- The NVIDIA DGX station is driven by the GB300 Grace Blackwell Ultra
- The OEM are doing their own versions: Dell’s is the Pro Max with GB300
- HP’s next GB300 workstation will be the ZGX Fury AI G1N station
Nvidia has presented two DGX personnel supercomputers promoted by its Grace Blackwell platform.
The first is DGX Spark (previously called Project Digits), a compact AI supercomputer that runs in the GB10 Grace Blackwell Superchip in Nvidia.

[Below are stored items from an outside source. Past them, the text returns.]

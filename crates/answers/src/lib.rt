// Headers and answers, each built in one place.
#![tactic(auto)]

ghost use Rattle.std.specs.Prelude.{◌≡◌};
ghost use Rattle.model.specs.Store.{no_loss};
ghost use Rattle.model.specs.Calls.{header_of, header_with, answer_of, no_counts, plain_answer, zero_header};

use model::{Answer, Counts, Header, Lost, Size};

// ---- headers

pub fn header(size: Size, count: usize, threshold: f64, cutoff: f64, dirty: bool) -> Header
    ensures { result ≡ header_of size count threshold cutoff dirty }
{
    Header {
        size,
        count,
        threshold,
        cutoff,
        dirty,
    }
}

// The same sum with another count and another flag.
pub fn header_with(h: Header, count: usize, dirty: bool) -> Header
    ensures { result ≡ header_with h count dirty }
{
    header(h.size, count, h.threshold, h.cutoff, dirty)
}

// The header of a refused fresh call or reading.
pub fn zero_header() -> Header
    ensures { result ≡ zero_header }
{
    header(
        Size {
            n: 0,
            k: 0,
            capacity: 0,
        },
        0,
        0.0,
        0.0,
        false,
    )
}

// ---- answers

pub fn answer(
    number: u64,
    header: Header,
    counts: Counts,
    lost: Lost,
    place: usize,
    length: usize,
) -> Answer
    ensures { result ≡ answer_of number header counts lost place length }
{
    Answer {
        number,
        header,
        counts,
        lost,
        place,
        length,
    }
}

pub fn no_loss() -> Lost
    ensures { result ≡ no_loss }
{
    Lost {
        dropped: 0.0,
        truncated: 0.0,
    }
}

// What a call gives that merges nothing.
pub fn without_counts(
    number: u64,
    header: Header,
    lost: Lost,
    place: usize,
    length: usize,
) -> Answer
    ensures { result ≡ answer_of number header no_counts lost place length }
{
    let counts = Counts {
        merged: 0,
        stored: 0,
        dropped: 0,
        compared: 0,
    };
    answer(number, header, counts, lost, place, length)
}

// A header and a number, and 0 for every other number: what a refusal comes with.
#[tactic(auto, unfolding(model::specs::Calls::plain_answer))]
pub fn plain_answer(header: Header, number: u64) -> Answer
    ensures { result ≡ plain_answer header number }
{
    without_counts(number, header, no_loss(), 0, 0)
}

// What an accepted call that changes nothing gives.
pub fn looked_answer(header: Header, place: usize, length: usize) -> Answer
    ensures { result ≡ answer_of 0 header no_counts no_loss place length }
{
    without_counts(0, header, no_loss(), place, length)
}
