//! The dispatcher for hosts in Rattle: all that a host calls, under the name of one crate.
//!
//! A host reads a script ([`read_script`]), which declares events and handlers, with natives of its own among them
//! ([`Natives`]), and opens a [`Hub`] over its setup. Each of its threads has a [`Seat`] of the hub, on which it binds by
//! commands and raises events. Threads that share work put tasks into a [`Queue`]; a script that is to be run whole, over
//! a capture and with endpoints, is run by [`run_script`].
//!
//! There is no code here: each name stands in a crate below, whose page says what is proved of it. What clauses and
//! proofs of a host cite comes with it: definitions as `Rattle.spin.specs.X`, lemmas as `Rattle.spin.proofs.X`.
#![tactic(auto)]

// ---- what events carry

/// The arguments of a raise, and lists of numbers, of words and of bytes.
pub use spin_values::{Args, Numbers, Octets, Value, Words};
/// The type of an event: its parameters, and whether it gives a word.
pub use spin_values::{EventType, Kind, MAX_PARAMS, Param, Params};
/// The answer for want of memory.
pub use spin_values::NoMemory;
/// The bytes of a name or a word.
pub use spin_values::{Text, Texts};

// ---- handlers, guards and authorisers

/// Acts, which say what a handler does, step by step.
pub use spin_code::{Act, ActStep, Layer, Part, Parts, Steplist};
/// Expressions and tests, by which acts compute and guards ask.
pub use spin_code::{Cmp, Expr, Test, argument_bytes, argument_word};
/// That each object does what it was handed in with.
pub use spin_code::Sincere;
/// Handlers and guards of the host's own, and what a handler gives.
pub use spin_objects::{Guard, Handler, Item, Outcome};
/// The objects that a host hands in, and why one is refused.
pub use spin_objects::{Catalogue, MAX_NATIVES, NativeFault, NativeKind, Natives};
/// Authorisers of the host's own, which answer requests as the policy says that they are handed in with.
pub use spin_policy::{Authoriser, Request, Verdict};
/// Policies: lists of rules, of which the first that matches decides.
pub use spin_policy::{Effect, MAX_RULES, OpMatch, Policy, PolicyFault, Rule};

// ---- scripts

/// Scripts, read from text.
pub use spin_script::{Script, ScriptFault, read_script};
/// What a script declares, and the bindings that commands have made of it.
pub use spin_table::{Setup, Version};

// ---- seats

/// Commands, which bind, replace and remove, and their limits.
pub use spin_word::{Command, MAX_LANES, MAX_PLACE, Mode, Op, Place};
/// The rows of a log that is closed, one for each command.
pub use spin_log::Rows;
/// A command as a row of four words, and the way back.
pub use spin_word::{Row, pack, unpack};
/// Raises that a seat is asked for.
pub use spin_word::Deed;
/// What raises answer, and the steps that were done.
pub use spin_proto::{Reply, ReplyBuffer, ReplyView, Step, Trace};
/// What became of a raised event.
pub use spin_raise::Answer;
/// Hubs, over which threads bind and raise, each on a seat of its own.
pub use spin_seat::{Hub, Judged, Raised, Seat, SeatFault, Seats};
/// Hubs that go on over a new log.
pub use spin_seat::{RenewFault, Renewal, Stayed, Unrenewed};
/// What commands answer.
pub use spin_table::{Refusal, StepFault, Verdicted};

// ---- work for later

/// Calls of jobs, done on a version.
pub use spin_proto::{Job, JobCall, JobCalls, Jobs, job_path};
/// All jobs of a list, done by several workers.
pub use spin_jobs::{MAX_WORKERS, Replies, run_all};
/// Tasks that threads share by a queue, and what they agree on.
pub use spin_later::{
    Agreement, AnyTask, Full, MAX_CAPACITY, MAX_PARTIES, Parties, Party, Queue, Task, Tasks,
};

// ---- whole runs

/// Endpoints of the host's own, and those that are there.
pub use spin_endpoint::{Endpoint, Ends, EndsFault, EndsSeen, FileEnd, GatherEnd, KeepEnd};
/// Headers of IPv4 and UDP, written.
pub use spin_headers::{write_ipv4, write_udp};
/// What a run reads from and writes to.
pub use spin_outside::{
    Failed, FolderShelf, Gate, MemShelf, MemSink, MemSource, OpenGate, Shelf, ShelfSource, Sink,
    Source, StdSink, write_all,
};
/// Captures, read record by record.
pub use spin_pcap::{PcapFault, Reader};
/// Scripts that are run whole.
pub use spin_run::{RunEnd, run_script, run_summary};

The second is the DGX station, a supercomputer class work station that resembles a traditional tower and is built with the Nvidia GB300 Grace Blackwell Ultra desktop superchip.
Dell and HP reveal their versions
The GB300 presents the latest tensioner nuclei and the FP4 precision, and the DGX station includes 784 GB of coherent memory space for large-scale training and inference of workloads, connected to a CPU Grace through NVLink-C2C.
The DGX station also has the Connectx-8 Supernic, designed to overcome AI Hipperscala computer workloads.
The NVIDIA OEM partners – Asus, HP and Dell – are producing DGX Spark rivals promoted by GB10 Superchip. HP and Dell are also preparing competitors for the DGX station using the GB300.
Dell has shared new details about its next AI work station, the PRO MAX with GB300 (its DGX Spark version is called Pro Max with GB10).
The specifications for its Supercomuter Class workstation include 784 GB of unified memory, up to 288 GB of GPU HBM3E and 496 GB of memory LPDDR5X for the CPU.
The system offers up to 20,000 FP4 calculation yield tops, which makes it very suitable for the training and inference of LLM with hundreds of billions of parameters.
The HP version of the DGX station is called the ZGX Fury AI G1N station. Z of HP is now one of the company’s products lines, and the “N” at the end of the name means that it works with a NVIDIA processor, in this case, the GB300.
HP says that the ZGX Fury AI G1N station “provides everything necessary for AI teams to build, optimize and climb models while maintaining security and flexibility”, pointing out that it will be integrated into the broader artificial intelligence station ecosystem of HP, together with the ZGX NAN AI G1N station announced previously (its DGX Spark alternative).
HP is also expanding its AI software tools and support offers, providing resources designed to expedite the productivity of the workflow and improve the development of the local model.
The price of the DGX station and the Dell and HP workstations are not yet known, but obviously they will not be cheap. The price of the small DGX Spark begins at $ 3,999, and the largest machines will cost significantly more.